30 Jun Surveying Marine Life in Morotai

As part of its implementation of the USAID Sustainable Ecosystems Advanced (SEA) Project, CTC traveled to Morotai in eastern Maluku last April to May 2017 to study coral reefs, fisheries as well as how the coastal communities in the area utilize their marine resources.

During the survey, the researchers found abundant populations of reef sharks particularly around Mitita Island at the southwest part of Morotai. The dominant species are black-tip and white-tip reef sharks. However, the researchers noticed a notable absence of demersal fish populations fish that live close to the bottom of the ocean.

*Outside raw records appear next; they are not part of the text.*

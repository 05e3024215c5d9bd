//! Rooms: the space in which the closed relation is found.
ghost use Rattle.std.specs.Prelude.{◌≡◌, ◌↔◌, ℕ, ◌+◌, ◌*◌, ◌<◌, ◌≤◌, ◌++◌, ◌∷◌, [], length, count_by, get_or, All};
ghost use Rattle.std.specs.Prelude.{Contains, IfOk, IsTrue, MatchOption};
ghost use Rattle.mls_solver.specs.Rooms.{Fits, Holds, is_positive, is_negative};
ghost use Rattle.mls_solver.specs.steps.Growth.{Relates};
ghost use Rattle.mls_solver.specs.steps.Numbers.{Inserts};
ghost use Rattle.mls_solver.specs.steps.Links.{IsLatest, first, keys_of, second};

use crate::cells::Cells;
use crate::links::Links;
use mls_automaton::automaton::{Automaton, Polarity};
use mls_automaton::state_set::StateId;
use mls_base::memory::Memory;
use std::alloc::Global;
use std::marker::Model;

/// Space for a relation between positive and negative states.
#[derive(Drop)]
pub struct Room {
    positives: usize,
    negatives: usize,
    places: Vec<usize>,
    rows: Vec<usize>,
    columns: Vec<usize>,
    row_count: usize,
    column_count: usize,
    cells: Cells,
    by_row: Links,
    by_column: Links,
}

impl Model for Room {
    ghost use Rattle.mls_solver.specs.Rooms.{Room};

    ghost Value = { Room };

    ghost use Rattle.mls_solver.specs.steps.RoomParts.{room_view, IsRoom};

    ghost view = { room_view };

    ghost invariant = { IsRoom };
}

// How many positive states there are.
fn count_positives(a: &Automaton) -> usize
    ensures { result ≡ count_by is_positive a.now.states }
{
    let mut count = 0usize;
    for s in 0..a.len() {
        match a.polarity(StateId(s)) {
            Polarity::Positive => count += 1,
            Polarity::Negative => {}
        }
    }
    count
}

// How many negative states there are.
fn count_negatives(a: &Automaton) -> usize
    ensures { result ≡ count_by is_negative a.now.states }
{
    let mut count = 0usize;
    for s in 0..a.len() {
        match a.polarity(StateId(s)) {
            Polarity::Positive => {}
            Polarity::Negative => count += 1,
        }
    }
    count
}

// So many times 0.
fn zeros(alloc: Global, count: usize) -> Result<Vec<usize>, Memory>
    ensures { IfOk result (λ numbers. length numbers.items ≡ count) }
{
    let numbers = vec![in alloc; 0usize; count]?;
    Ok(numbers)
}

impl Room {
    /// A room for the relations of automata with at most so many states of each polarity. It takes 13 bytes for each
    /// pair of a positive and a negative state, and two words and four bytes for each state.
    ///
    /// # Errors
    ///
    /// `Memory` where memory is wanting, and where there are more than 4294967295 pairs.
    pub fn new(alloc: Global, positives: usize, negatives: usize) -> Result<Room, Memory>
        ensures positives { IfOk result (λ room. room.positives ≡ positives) }
        ensures negatives { IfOk result (λ room. room.negatives ≡ negatives) }
        ensures pairs { IfOk result (λ room. room.pairs ≡ []) }
    {
        let limit = positives.checked_mul(negatives).ok_or(Memory)?;
        let states = positives.checked_add(negatives).ok_or(Memory)?;
        let cells = Cells::new(alloc, limit)?;
        Ok(Room {
            positives,
            negatives,
            places: zeros(alloc, states)?,
            rows: zeros(alloc, positives)?,
            columns: zeros(alloc, negatives)?,
            row_count: 0,
            column_count: 0,
            cells,
            by_row: Links::new(alloc, positives, limit)?,
            by_column: Links::new(alloc, negatives, limit)?,
        })
    }

    /// Whether there is space for the states of the automaton.
    pub fn fits(&self, a: &Automaton) -> bool
        ensures { IsTrue result ↔ Fits a.now self.now }
    {
        count_positives(a) <= self.positives && count_negatives(a) <= self.negatives
    }

    // The row of a state, if it has one.
    fn row_of(&self, s: StateId) -> Option<usize>
        ensures { MatchOption result (Contains self.now.rows s.0 → ⊥)
            (λ r. (r < length self.now.rows) × (get_or self.now.rows r 0 ≡ s.0)) }
    {
        let row = self.places.get(s.0).copied()?;
        if row < self.row_count && self.rows[row] == s.0 {
            Some(row)
        } else {
            None
        }
    }

    // The column of a state, if it has one.
    fn column_of(&self, s: StateId) -> Option<usize>
        ensures { MatchOption result (Contains self.now.columns s.0 → ⊥)
            (λ c. (c < length self.now.columns) × (get_or self.now.columns c 0 ≡ s.0)) }
    {
        let column = self.places.get(s.0).copied()?;
        if column < self.column_count && self.columns[column] == s.0 {
            Some(column)
        } else {
            None
        }
    }

    /// Whether the room holds the pair of these two states.
    pub fn holds(&self, positive: StateId, negative: StateId) -> bool
        ensures { IsTrue result ↔ Holds self.now positive.0 negative.0 }
    {
        match self.row_of(positive) {
            None => false,
            Some(row) => match self.column_of(negative) {
                None => false,
                Some(column) => self.cells.contains(row * self.negatives + column),
            },
        }
    }

    // How many pairs the room holds.
    pub fn len(&self) -> usize
        ensures len { result ≡ length self.now.pairs }
        ensures bound { result ≤ self.now.positives * self.now.negatives }
    {
        self.cells.len()
    }

    // The pair that was found at this place.
    pub fn pair(&self, i: usize) -> (StateId, StateId)
        requires { i < length self.now.pairs }
        ensures pair { (result.0.0, result.1.0) ≡ get_or self.now.pairs i (0, 0) }
        ensures row { Contains self.now.rows result.0.0 }
        ensures column { Contains self.now.columns result.1.0 }
    {
        let cell = self.cells.get(i);
        (
            StateId(self.rows[cell / self.negatives]),
            StateId(self.columns[cell % self.negatives]),
        )
    }

    // Holds the pair of these two states from now on.
    pub fn add(&mut self, positive: usize, negative: usize)
        requires row { Contains self.old.rows positive }
        requires column { Contains self.old.columns negative }
        ensures { Relates self.old self.new (λ p n. (p ≡ positive) × (n ≡ negative)) }
    {
        let row = self.places[positive];
        let column = self.places[negative];
        let cell = row * self.negatives + column;
        if self.cells.contains(cell) {
            return;
        }
        self.cells.push(cell);
        self.by_row.push(row);
        self.by_column.push(column);
    }

    // The number behind the place of the latest pair of a positive state, or 0.
    fn latest_of_positive(&self, p: StateId) -> usize
        ensures { IsLatest (keys_of first self.now) (length self.now.pairs) p.0 result }
    {
        match self.row_of(p) {
            None => 0,
            Some(row) => self.by_row.latest(row),
        }
    }

    // The number behind the place of the latest pair of a negative state, or 0.
    fn latest_of_negative(&self, n: StateId) -> usize
        ensures { IsLatest (keys_of second self.now) (length self.now.pairs) n.0 result }
    {
        match self.column_of(n) {
            None => 0,
            Some(column) => self.by_column.latest(column),
        }
    }

    // The number behind the place of the pair before this one with the same positive state, or 0.
    fn earlier_of_positive(&self, i: usize) -> usize
        requires { i < length self.now.pairs }
        ensures { IsLatest (keys_of first self.now) i (get_or (keys_of first self.now) i 0) result }
    {
        self.by_row.earlier(i)
    }

    // The number behind the place of the pair before this one with the same negative state, or 0.
    fn earlier_of_negative(&self, i: usize) -> usize
        requires { i < length self.now.pairs }
        ensures { IsLatest (keys_of second self.now) i (get_or (keys_of second self.now) i 0) result }
    {
        self.by_column.earlier(i)
    }

    // Relates one positive state to all to which another is related.
    pub fn copy_row(&mut self, from: usize, to: usize)
        requires from { Contains self.old.rows from }
        requires to { Contains self.old.rows to }
        ensures { Relates self.old self.new (λ p n. (p ≡ to) × Holds self.old from n) }
    {
        let mut at = self.latest_of_positive(StateId(from));
        while at > 0 {
            let (_, negative) = self.pair(at - 1);
            self.add(to, negative.0);
            at = self.earlier_of_positive(at - 1);
        }
    }

    // Relates all positive states that are related to one negative state to another.
    pub fn copy_column(&mut self, from: usize, to: usize)
        requires from { Contains self.old.columns from }
        requires to { Contains self.old.columns to }
        ensures { Relates self.old self.new (λ p n. (n ≡ to) × Holds self.old p from) }
    {
        let mut at = self.latest_of_negative(StateId(from));
        while at > 0 {
            let (positive, _) = self.pair(at - 1);
            self.add(positive.0, to);
            at = self.earlier_of_negative(at - 1);
        }
    }

    // Marks the negative states to which a positive one is related, in time that grows with their number.
    pub fn mark_below(&self, marks: &mut Cells, p: StateId)
        requires { (n : ℕ) → Holds self.now p.0 n → n < marks.old.limit }
        ensures { Inserts marks.old marks.new (λ n. Holds self.now p.0 n) }
    {
        let mut at = self.latest_of_positive(p);
        while at > 0 {
            let (_, negative) = self.pair(at - 1);
            marks.insert(negative.0);
            at = self.earlier_of_positive(at - 1);
        }
    }

    // Marks the positive states that are related to a negative one, in time that grows with their number.
    pub fn mark_above(&self, marks: &mut Cells, n: StateId)
        requires { (p : ℕ) → Holds self.now p n.0 → p < marks.old.limit }
        ensures { Inserts marks.old marks.new (λ p. Holds self.now p n.0) }
    {
        let mut at = self.latest_of_negative(n);
        while at > 0 {
            let (positive, _) = self.pair(at - 1);
            marks.insert(positive.0);
            at = self.earlier_of_negative(at - 1);
        }
    }

    // Holds no pair, and has no rows and no columns, from now on.
    pub fn clear(&mut self)
        ensures positives { self.new.positives ≡ self.old.positives }
        ensures negatives { self.new.negatives ≡ self.old.negatives }
        ensures rows { self.new.rows ≡ [] }
        ensures columns { self.new.columns ≡ [] }
        ensures pairs { self.new.pairs ≡ [] }
    {
        self.cells.clear();
        self.by_row.clear();
        self.by_column.clear();
        self.row_count = 0;
        self.column_count = 0;
    }

    // Gives a state a row of its own.
    pub fn add_row(&mut self, s: usize)
        requires space { length self.old.rows < self.old.positives }
        requires in_range { s < self.old.positives + self.old.negatives }
        requires rows { All (λ t. t < s) self.old.rows }
        requires columns { All (λ t. t < s) self.old.columns }
        requires empty { self.old.pairs ≡ [] }
        ensures positives { self.new.positives ≡ self.old.positives }
        ensures negatives { self.new.negatives ≡ self.old.negatives }
        ensures rows { self.new.rows ≡ self.old.rows ++ s ∷ [] }
        ensures columns { self.new.columns ≡ self.old.columns }
        ensures pairs { self.new.pairs ≡ [] }
    {
        self.places[s] = self.row_count;
        self.rows[self.row_count] = s;
        self.row_count += 1;
    }

    // Gives a state a column of its own.
    pub fn add_column(&mut self, s: usize)
        requires space { length self.old.columns < self.old.negatives }
        requires in_range { s < self.old.positives + self.old.negatives }
        requires rows { All (λ t. t < s) self.old.rows }
        requires columns { All (λ t. t < s) self.old.columns }
        requires empty { self.old.pairs ≡ [] }
        ensures positives { self.new.positives ≡ self.old.positives }
        ensures negatives { self.new.negatives ≡ self.old.negatives }
        ensures rows { self.new.rows ≡ self.old.rows }
        ensures columns { self.new.columns ≡ self.old.columns ++ s ∷ [] }
        ensures pairs { self.new.pairs ≡ [] }
    {
        self.places[s] = self.column_count;
        self.columns[self.column_count] = s;
        self.column_count += 1;
    }
}
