//! Related pairs that are found by each of their states, in space that grows with them and with the states.
ghost use Rattle.std.specs.Prelude.{◌≡◌, ◌↔◌, ℕ, ◌<◌, [], length, get_or, Contains, OnOk};
ghost use Rattle.mls_solver.specs.Rooms.{Holds};
ghost use Rattle.mls_solver.specs.steps.Growth.{Relates};

use crate::pairs::{Pairs, members, put};
use mls_automaton::state_set::{StateId, StateSet};
use mls_base::memory::Memory;
use std::alloc::Global;
use std::marker::Model;

/// Pairs of a positive and a negative state, in the order in which they were found. Contracts see a room without rows
/// and columns.
#[derive(Drop)]
pub struct Found {
    forward: Pairs,
    // for each negative state its positive ones, as far as there are any
    above: Vec<StateSet>,
}

impl Model for Found {
    ghost use Rattle.mls_solver.specs.Rooms.{Room};

    ghost Value = { Room };

    ghost use Rattle.mls_solver.specs.steps.FoundParts.{found_view, IsFound};

    ghost view = { found_view };

    ghost invariant = { IsFound };
}

impl Found {
    /// No pair. It allocates nothing.
    pub fn new(alloc: Global) -> Found
        ensures { result.pairs ≡ [] }
    {
        Found {
            forward: Pairs::new(alloc),
            above: Vec::new(alloc),
        }
    }

    /// How many pairs there are.
    pub fn len(&self) -> usize
        ensures { result ≡ length self.now.pairs }
    {
        self.forward.len()
    }

    /// The pair that was found at this place.
    pub fn pair(&self, i: usize) -> (StateId, StateId)
        requires { i < length self.now.pairs }
        ensures { (result.0.0, result.1.0) ≡ get_or self.now.pairs i (0, 0) }
    {
        self.forward.pair(i)
    }

    /// The negative states to which a positive one is related.
    pub fn below(&self, p: StateId) -> &[usize]
        ensures { (n : ℕ) → Contains result.now n ↔ Holds self.now p.0 n }
    {
        self.forward.below(p)
    }

    /// The positive states that are related to a negative one.
    pub fn above(&self, n: StateId) -> &[usize]
        ensures { (p : ℕ) → Contains result.now p ↔ Holds self.now p n.0 }
    {
        members(self.above.as_slice(), n.0)
    }

    // Holds the pair of these two states from now on. Where memory is wanting, no pair is left.
    pub(crate) fn add(&mut self, positive: usize, negative: usize) -> Result<(), Memory>
        ensures { OnOk result (Relates self.old self.new (λ p n. (p ≡ positive) × (n ≡ negative))) }
    {
        let alloc = self.forward.allocator();
        match self.forward.add(positive, negative) {
            Ok(false) => return Ok(()),
            Ok(true) => {
                if put(alloc, &mut self.above, negative, positive).is_ok() {
                    return Ok(());
                }
                self.forward = Pairs::new(alloc);
            }
            Err(_) => {}
        }
        self.above = Vec::new(alloc);
        Err(Memory)
    }
}
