//! The least closed relation of goals.
ghost use Rattle.std.specs.Prelude.{◌≡◌, ℕ, ◌<◌, [], length, All, Contains, OnOk, IfErr};
ghost use Rattle.mls_automaton.specs.declared.automaton.Polarity.TheVariants.{Positive, Negative};
ghost use Rattle.mls_automaton.specs.Automata.{HasFlow, IsState, head_at};
ghost use Rattle.mls_automaton.specs.Heads.{AreRising};
ghost use Rattle.mls_automaton.specs.Models.{HasRisingLabels, IsClosed};
ghost use Rattle.mls_solver.specs.Clashes.{HasNoClash, IsFirstClash};
ghost use Rattle.mls_solver.specs.Relations.{IsGoal, IsGoalOf, IsRelated};
ghost use Rattle.mls_solver.specs.Rooms.{Fits, Holds, HoldsJust, HoldsStates};
ghost use Rattle.mls_solver.specs.steps.Growth.{BySome, Relates};
ghost use Rattle.mls_solver.specs.steps.Consequences.{ByFunctions, ByField, ByRecords, ByHeads, IsRoomOf, Follows};
ghost use Rattle.mls_solver.specs.steps.Consequences.{HasConsequences};

use crate::clash::first_clash;
use crate::goal::{Clash, Goal};
use crate::room::Room;
use mls_automaton::automaton::{Arms, Automaton, FieldSet, FieldSets, Head, Polarity};
use mls_automaton::state_set::StateId;

/// Makes the room hold exactly the least closed relation of the goals, and tells whether a pair of it clashes. It takes
/// no memory. Each pair is taken once, at the cost of the members of the sets that its heads name in the same place,
/// and of the pairs found so far at the other end of each edge at one of its states.
///
/// # Errors
///
/// The first clash, where related states clash. The room holds the relation all the same.
pub fn saturate(room: &mut Room, a: &Automaton, goals: &[Goal]) -> Result<(), Clash>
    requires closed { IsClosed a.now }
    requires fits { Fits a.now room.old }
    requires goals { All (IsGoalOf a.now) goals.now }
    ensures positives { room.new.positives ≡ room.old.positives }
    ensures negatives { room.new.negatives ≡ room.old.negatives }
    ensures relation { HoldsJust room.new (IsRelated a.now (IsGoal goals.now)) }
    ensures states { HoldsStates a.now room.new }
    ensures ok { OnOk result (HasNoClash a.now (IsRelated a.now (IsGoal goals.now))) }
    ensures clash { IfErr result (IsFirstClash a.now (IsRelated a.now (IsGoal goals.now))) }
{
    relate(room, a, goals);
    first_clash(room, a)
}

// Makes the room hold the least closed relation of the goals.
fn relate(room: &mut Room, a: &Automaton, goals: &[Goal])
    requires closed { IsClosed a.now }
    requires fits { Fits a.now room.old }
    requires goals { All (IsGoalOf a.now) goals.now }
    ensures positives { room.new.positives ≡ room.old.positives }
    ensures negatives { room.new.negatives ≡ room.old.negatives }
    ensures relation { HoldsJust room.new (IsRelated a.now (IsGoal goals.now)) }
{
    number(room, a);
    add_goals(room, goals);
    close(room, a);
}

// Gives each state its row or column.
fn number(room: &mut Room, a: &Automaton)
    requires { Fits a.now room.old }
    ensures positives { room.new.positives ≡ room.old.positives }
    ensures negatives { room.new.negatives ≡ room.old.negatives }
    ensures states { IsRoomOf a.now room.new }
    ensures pairs { room.new.pairs ≡ [] }
{
    room.clear();
    for s in 0..a.len() {
        match a.polarity(StateId(s)) {
            Polarity::Positive => room.add_row(s),
            Polarity::Negative => room.add_column(s),
        }
    }
}

// Adds the goals.
fn add_goals(room: &mut Room, goals: &[Goal])
    requires rows { All (λ g. Contains room.old.rows g.positive.0) goals.now }
    requires columns { All (λ g. Contains room.old.columns g.negative.0) goals.now }
    ensures { Relates room.old room.new (IsGoal goals.now) }
{
    for goal in goals {
        room.add(goal.positive.0, goal.negative.0);
    }
}

// Adds all that follows from the pairs of the room. Each pair is taken once, in the order in which it was found.
fn close(room: &mut Room, a: &Automaton)
    requires closed { IsClosed a.now }
    requires states { IsRoomOf a.now room.old }
    ensures positives { room.new.positives ≡ room.old.positives }
    ensures negatives { room.new.negatives ≡ room.old.negatives }
    ensures relation { HoldsJust room.new (IsRelated a.now (Holds room.old)) }
{
    let mut next = 0;
    while next < room.len() {
        let (positive, negative) = room.pair(next);
        add_consequences(room, a, positive, negative);
        next += 1;
    }
}

// Adds what follows from one pair and the pairs that share a state with it along an edge.
fn add_consequences(room: &mut Room, a: &Automaton, positive: StateId, negative: StateId)
    requires closed { IsClosed a.now }
    requires states { IsRoomOf a.now room.old }
    requires held { Holds room.old positive.0 negative.0 }
    requires positive { IsState a.now Positive positive.0 }
    requires negative { IsState a.now Negative negative.0 }
    ensures follows { Follows a.now room.old room.new }
    ensures has { HasConsequences a.now positive.0 negative.0 room.old room.new }
{
    add_by_heads(room, a.head(positive), a.head(negative));
    add_after(room, a, positive, negative);
    add_before(room, a, positive, negative);
}

// Adds what follows from the pair along the edges from its negative state.
fn add_after(room: &mut Room, a: &Automaton, positive: StateId, negative: StateId)
    requires closed { IsClosed a.now }
    requires states { IsRoomOf a.now room.old }
    requires held { Holds room.old positive.0 negative.0 }
    requires positive { IsState a.now Positive positive.0 }
    requires negative { IsState a.now Negative negative.0 }
    ensures follows { Follows a.now room.old room.new }
    ensures has { (q m : ℕ) → HasFlow a.now negative.0 q → Holds room.old q m → Holds room.new positive.0 m }
{
    for q in a.partners(negative).as_slice() {
        room.copy_row(*q, positive.0);
    }
}

// Adds what follows from the pair along the edges to its positive state.
fn add_before(room: &mut Room, a: &Automaton, positive: StateId, negative: StateId)
    requires closed { IsClosed a.now }
    requires states { IsRoomOf a.now room.old }
    requires held { Holds room.old positive.0 negative.0 }
    requires positive { IsState a.now Positive positive.0 }
    requires negative { IsState a.now Negative negative.0 }
    ensures follows { Follows a.now room.old room.new }
    ensures has { (q m : ℕ) → Holds room.old q m → HasFlow a.now m positive.0 → Holds room.new q negative.0 }
{
    for m in a.partners(positive).as_slice() {
        room.copy_column(*m, negative.0);
    }
}

// Adds what follows by the heads of a positive and a negative state.
fn add_by_heads(room: &mut Room, upper: &Head, lower: &Head)
    requires { (p n : ℕ) → ByHeads upper.now lower.now p n → Contains room.old.rows p × Contains room.old.columns n }
    ensures { Relates room.old room.new (ByHeads upper.now lower.now) }
{
    add_by_functions(room, &upper.function, &lower.function);
    add_by_records(room, &upper.fields, &lower.fields);
}

fn add_by_functions(room: &mut Room, upper: &Option<Arms>, lower: &Option<Arms>)
    requires { (p n : ℕ) → ByFunctions upper.now lower.now p n
        → Contains room.old.rows p × Contains room.old.columns n }
    ensures { Relates room.old room.new (ByFunctions upper.now lower.now) }
{
    if let Some(arms) = upper {
        if let Some(others) = lower {
            add_sets(room, others.domain.as_slice(), arms.domain.as_slice());
            add_sets(room, arms.codomain.as_slice(), others.codomain.as_slice());
        }
    }
}

fn add_by_records(room: &mut Room, upper: &Option<FieldSets>, lower: &Option<FieldSets>)
    requires { (p n : ℕ) → ByRecords upper.now lower.now p n → Contains room.old.rows p × Contains room.old.columns n }
    ensures { Relates room.old room.new (ByRecords upper.now lower.now) }
{
    if let Some(fields) = upper {
        if let Some(others) = lower {
            add_fields(room, fields, others.as_slice());
        }
    }
}

fn add_fields(room: &mut Room, fields: &FieldSets, others: &[FieldSet])
    requires { (p n : ℕ) → BySome others.now (ByField fields.now) p n
        → Contains room.old.rows p × Contains room.old.columns n }
    ensures { Relates room.old room.new (BySome others.now (ByField fields.now)) }
{
    for other in others {
        add_field(room, fields, other);
    }
}

fn add_field(room: &mut Room, fields: &FieldSets, other: &FieldSet)
    requires { (p n : ℕ) → ByField fields.now other.now p n → Contains room.old.rows p × Contains room.old.columns n }
    ensures { Relates room.old room.new (ByField fields.now other.now) }
{
    if let Some(set) = fields.get(&other.label) {
        add_sets(room, set.as_slice(), other.set.as_slice());
    }
}

// Relates each of the positive states to each of the negative ones.
fn add_sets(room: &mut Room, positives: &[usize], negatives: &[usize])
    requires { (p n : ℕ) → Contains positives.now p → Contains negatives.now n
        → Contains room.old.rows p × Contains room.old.columns n }
    ensures { Relates room.old room.new (λ p n. Contains positives.now p × Contains negatives.now n) }
{
    for p in positives {
        add_set(room, *p, negatives);
    }
}

// Relates a positive state to each of the negative ones.
fn add_set(room: &mut Room, positive: usize, negatives: &[usize])
    requires { (n : ℕ) → Contains negatives.now n → Contains room.old.rows positive × Contains room.old.columns n }
    ensures { Relates room.old room.new (BySome negatives.now (λ m p n. (p ≡ positive) × (n ≡ m))) }
{
    for n in negatives {
        room.add(positive, *n);
    }
}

They also conducted socioeconomic survey of 22 coastal villages and found that local fishing communities have concentrated their fishing efforts on certain fish species, possibly causing an imbalance on the marine ecosystem

These data will be used to assess the health and conditions of the local marine ecosystem in Morotai and help guide the establishment of a marine protected area (MPA) in the province. An MPA will help promote sustainable fisheries and help protect charismatic marine animals, such as sharks and sea turtles, which can be a big draw for marine tourism and benefit the local economy

CTC conducted the survey in collaboration with marine scientists from University of Pattimura and University of Khairun Universities as well as volunteers from Morotai Islands Regency as well as local dive operators. USAID SEA Project works are to support the Government of Indonesia in marine conservation and sustainable fisheries management. The project will last for 5 years, from March 2016 to March 2021. The project works at national and local levels, which covers three adjacent provinces in eastern Indonesia, namely Maluku, North Maluku and West Papua which lie within the Indonesian Fisheries Management Area (FMA) 715.